Your final inequation looks like it should be $a + 0.2a + a < 6000$ and that simplifies to

$$2.2a < 6000$$

which implies $a < 2727$ approximately. That sounds about right since there are a little more children than adults.

If your concern is over the fact that you got a decimal, there are two possible answers. One might be: you shouldn't worry, it's an inequation, so the true population will be some number where, when you divide by the decimal, you get some whole number.
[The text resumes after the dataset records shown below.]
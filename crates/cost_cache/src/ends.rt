//! The nodes at which a segment ends.
ghost use Rattle.std.specs.Prelude.{◌≡◌, ◌<◌, ℕ, length, false, true, replicate, slice_set, IfOk, MatchOption};
ghost use Rattle.te_links.specs.Rows.{IsTopology};
ghost use Rattle.cost_cache.specs.Hops.{IsEndBy, AreEnds};

use dom_base::{NoMemory, Seed};
use path_search::Labels;
use std::alloc::Global;
use te_links::Links;

// The place of a seed's node, if the seed equals the label of the node.
fn end_by<'a, G: Links<'a>>(links: &G, labels: &Labels, seed: &Seed) -> Option<u32>
    requires rules { IsTopology (G.rows links.now) }
    requires labels { length labels.now ≡ length (G.rows links.now).nodes }
    ensures { MatchOption result ((i : ℕ) → ¬ IsEndBy (G.rows links.now) labels.now seed.now i) (IsEndBy (G.rows links.now) labels.now seed.now) }
{
    let Some(place) = links.find_node(seed.node) else {
        return None;
    };
    let Some(label) = labels.at(place) else {
        return None;
    };
    if label.cost == seed.cost && label.exit == seed.exit {
        Some(place)
    } else {
        None
    }
}

fn no_ends(alloc: Global, nodes: usize) -> Result<Vec<bool>, NoMemory>
    ensures { IfOk result (λ ends. ends.items ≡ replicate nodes false) }
{
    Ok(vec![in alloc; false; nodes]?)
}

fn mark(ends: &mut Vec<bool>, place: u32)
    requires { place < length ends.old.items }
    ensures { ends.new.items ≡ slice_set ends.old.items place true }
{
    ends[place as usize] = true;
}

/// For each node with a label whether a seed equals the label, so that a segment ends there. Each
/// seed is looked at once.
pub(crate) fn ends_of<'a, G: Links<'a>>(
    alloc: Global,
    links: &G,
    seeds: &[Seed],
    labels: &Labels,
) -> Result<Vec<bool>, NoMemory>
    requires labels { length labels.now ≡ length (G.rows links.now).nodes }
    ensures { IfOk result (λ ends. AreEnds (G.rows links.now) seeds.now labels.now ends.items) }
{
    let mut ends = no_ends(alloc, links.node_count() as usize)?;
    for seed in seeds {
        if let Some(place) = end_by(links, labels, seed) {
            mark(&mut ends, place);
        }
    }
    Ok(ends)
}
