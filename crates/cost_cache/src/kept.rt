//! The content of a cache entry.
use dom_base::{Addr, List};
use path_search::Labels;

/// The next link of a chosen segment: its far address, and the place of the node that it ends at.
#[derive(Clone, Copy)]
pub struct Next {
    pub far: Addr,
    pub end: u32,
}

/// What is kept of a search: the label of each node, and for each node with a label the next link
/// of its chosen segment, none where the segment ends at the node.
#[derive(Drop)]
pub struct Kept {
    pub labels: Labels,
    pub nexts: List<Option<Next>>,
}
On the other hand, maybe this is how you're supposed to get the exact population. Maybe you're supposed to find the population number so that all your numbers become whole numbers.

Answer 2

You have $3$ equations with $4$ variables:

• $b=1.10g$
• $w=1.15m$
• $(b+g)=1.20(w+m)$

You have an additional inequity with the same variables:

• $b+g+w+m<6000$

So it's simply a matter of finding a single integer solution:

• $(b+g)=1.20(w+m)\implies$

  $(1.10g+g)=1.2(1.15m+m)\implies$

  $2.10g=2.58m$

• $b+g+w+m<6000\implies$

  $1.10g+g+1.15m+m<6000\implies$

  $2.10g+2.15m<6000\implies$

  $2.58m+2.15m<6000\implies$

  $4.73m<6000\implies$

  $m<1268.5$

Now to the integer solution, which is possibly the hardest part:

• $m=700 \implies w=805,g=860,b=946$

Answer 3

We have $$ b=g+0.1g=1.1g = 11/10 g\\ w=m+0.15m= 1.15m = 23/20 m\\ c=a+0.20a= 1.2a = 6/5 a $$

Starting with the third equation, we obtain $$ b+g = 6/5(m+w)\\ \iff \frac{b+g}{m+w} = \frac{6}{5}\\ \iff \frac{\frac{21}{10}g}{\frac{43}{20}m} = \frac{6}{5}\\ \iff g = \frac{43}{35} m $$ Hence $$ b = \frac{11}{10} g = \frac{11}{10}\frac{43}{35} m = \frac{473}{350} m\\ g = \frac{43}{35} m\\ w = \frac{23}{20} m\\ $$ So we get the smallest integer solution if we choose $m$ to be the lowest common denominator of $350$, $35$, and $20$, which is $700$.